Epoch 1, Loss: 1.5648120071411133
Epoch 2, Loss: 1.102625904560089
Epoch 3, Loss: 0.8775941960334778
Epoch 4, Loss: 0.7367440643310547
Epoch 5, Loss: 0.6420056324481964
Epoch 6, Loss: 0.5668321094989777
Epoch 7, Loss: 0.5030257425785065
Epoch 8, Loss: 0.45459479126930236
Epoch 9, Loss: 0.40965993921756744
Epoch 10, Loss: 0.35877228055000304


In [22]:
net.eval()  # Switch to evaluation mode
correct_predictions = 0
total_images = 0
with torch.no_grad():
    for images, labels in testing_loader:
        images, labels = images.to(compute_device), labels.to(compute_device)
        output = net(images)
        _, predicted_labels = torch.max(output.data, 1)
        total_images += labels.size(0)
        correct_predictions += (predicted_labels == labels).sum().item()

accuracy = 100 * correct_predictions / total_images
print(f'Accuracy of the network on the 10000 test images: {accuracy:.2f} %')

Accuracy of the network on the 10000 test images: 82.34 %


**Description of Dataset**

The code provided implements a variant of the AlexNet architecture for the CIFAR-10 dataset. The CIFAR-10 dataset is a widely-used dataset for benchmarking image recognition algorithms. It consists of 60,000 32x32 color images in 10 classes, with 6,000 images per class. The dataset is split into 50,000 training images and 10,000 test images. The classes include airplanes, cars, birds, cats, deer, dogs, frogs, horses, ships, and trucks.

**Dataset and Transformations**

1. The CIFAR-10 dataset is transformed to fit the input size of the AlexNet architecture (227x227 pixels) and normalized using mean and standard deviation values common for pre-trained models on ImageNet. This normalization helps in faster convergence and improves model performance.
2. Data augmentation through random horizontal flipping is used to increase the diversity of the training set, reducing overfitting and improving the model's generalization.

**Training and Test Results**

1. The modified AlexNet model is trained for 10 epochs, showing a consistent decrease in loss, indicating that the model is learning effectively from the training dataset.
2. The final accuracy on the test dataset is reported as 82.34%, which is a strong result for CIFAR-10, considering the simplicity of the approach and the architectural limitations of AlexNet compared to more recent deep learning models.

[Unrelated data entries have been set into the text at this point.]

//! Requests and replies as items behind a header, which are read alike.
ghost use Rattle.std.specs.Prelude.{◌≡◌, ◌^◌, ◌<◌, ◌≤◌, ◌++◌, ℕ, List, None, length, drop, All, IsTrue, IfOk, OnOk};
ghost use Rattle.batch_packets.specs.Faults.{AnswersExactly};
ghost use Rattle.batch_packets.specs.declared.header.TheConstants.{MAX_ITEMS};
ghost use Rattle.batch_packets.specs.Datagram.{DatagramKind, SpellsItems, is_version, max_datagram_len, header_text, item_fault, items_fault, first_fault};

use crate::BatchFault;
use crate::header::{Header, read_header};

/// What a datagram has several of: requests in a batch, or replies. Its texts lie in the bytes that it is read from.
pub trait Item<'a>: Drop {
    ghost kind: { DatagramKind };

    ghost text: { Self → List ℕ };

    /// What a version may have.
    ghost is_item: { ℕ → Self → Type 0 };

    /// Its numbers are below the limits of their types.
    ghost is_in_range: { Self → Type 0 };

    fn magic() -> [u8; 4]
        ensures { result ≡ kind.magic };

    /// The item of a version at the front, and the bytes after it.
    fn read(version: u8, from: &'a [u8]) -> Result<(Self, &'a [u8]), BatchFault>
        requires { IsTrue (is_version version) }
        ensures text { IfOk result (λ x. from.now ≡ text x.0 ++ x.1.now) }
        ensures lawful { IfOk result (λ x. is_item version x.0) }
        ensures in_range { IfOk result (λ x. is_in_range x.0) }
        ensures rest { IfOk result (λ x. drop (kind.size from.now) from.now ≡ x.1.now) }
        ensures fault { AnswersExactly (item_fault kind version from.now) result };
}

/// Judges bytes as so many items of a version, after which nothing follows.
fn check_items<'a, T: Item<'a>>(version: u8, count: u8, from: &'a [u8]) -> Result<(), BatchFault>
    requires { IsTrue (is_version version) }
    ensures items { OnOk result ((items : List T) × (length items ≡ count)
        × SpellsItems T.text T.is_item T.is_in_range version from.now items) }
    ensures fault { AnswersExactly (items_fault T.kind version count from.now) result }
{
    let mut rest = from;
    for _ in 0..count {
        let (_, after) = T::read(version, rest)?;
        rest = after;
    }
    if !rest.is_empty() {
        return Err(BatchFault::Trailing);
    }
    Ok(())
}

/// Judges bytes as a datagram. It gives the header and the bytes behind it.
#[tactic(auto, unfolding(crate::specs::Datagram::first_fault))]
pub fn check_datagram<'a, T: Item<'a>>(from: &'a [u8]) -> Result<(Header, &'a [u8]), BatchFault>
    ensures text { IfOk result (λ x. from.now ≡ header_text T.kind.magic x.0.version x.0.count x.0.number ++ x.1.now) }
    ensures version { IfOk result (λ x. IsTrue (is_version x.0.version)) }
    ensures some { IfOk result (λ x. 0 < x.0.count) }
    ensures few { IfOk result (λ x. x.0.count ≤ MAX_ITEMS) }
    ensures number { IfOk result (λ x. x.0.number < 2 ^ 32) }
    ensures short { IfOk result (λ x. length from.now ≤ max_datagram_len x.0.version) }
    ensures items { IfOk result (λ x. (items : List T) × (length items ≡ x.0.count)
        × SpellsItems T.text T.is_item T.is_in_range x.0.version x.1.now items) }
    ensures fault { AnswersExactly (first_fault T.kind from.now) result }
{
    let (header, rest) = read_header(T::magic(), from)?;
    check_items::<T>(header.version, header.count, rest)?;
    Ok((header, rest))
}

/// The item at the front of bytes that were judged, and the bytes after it.
pub fn next_item<'a, T: Item<'a>>(version: u8, from: &'a [u8]) -> (T, &'a [u8])
    requires version { IsTrue (is_version version) }
    requires judged { item_fault T.kind version from.now ≡ None }
    ensures text { from.now ≡ T.text result.0 ++ result.1.now }
    ensures lawful { T.is_item version result.0 }
    ensures in_range { T.is_in_range result.0 }
{
    let Ok(item) = T::read(version, from) else {
        unreachable!();
    };
    item
}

**Observations and Improvements**

1. The performance of the model could potentially be improved by incorporating more sophisticated data augmentation techniques, using more complex architectures like ResNet or DenseNet, or applying regularization techniques like dropout more extensively.
2. Learning rate scheduling and fine-tuning of hyperparameters (such as the learning rate, batch size, or optimizer choice) could further enhance model accuracy.